▶ Task:
Nothing but the lines from the line with "pub use aims::Aim;" to the end of the records below should appear in the answer, each exactly as given.

▶ Dataset records:
========

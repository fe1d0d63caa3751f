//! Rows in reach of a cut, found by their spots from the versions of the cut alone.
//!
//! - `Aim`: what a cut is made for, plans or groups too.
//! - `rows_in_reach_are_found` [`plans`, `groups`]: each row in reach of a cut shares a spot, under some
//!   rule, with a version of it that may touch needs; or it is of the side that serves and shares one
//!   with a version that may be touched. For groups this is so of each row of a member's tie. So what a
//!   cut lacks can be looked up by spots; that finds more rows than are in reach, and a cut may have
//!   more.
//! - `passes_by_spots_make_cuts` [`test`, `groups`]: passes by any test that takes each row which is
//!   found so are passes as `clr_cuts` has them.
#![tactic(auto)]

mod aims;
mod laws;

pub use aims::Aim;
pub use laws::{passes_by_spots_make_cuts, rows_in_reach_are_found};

========

▶ Solution to this problem:
pub use aims::Aim;
pub use laws::{passes_by_spots_make_cuts, rows_in_reach_are_found};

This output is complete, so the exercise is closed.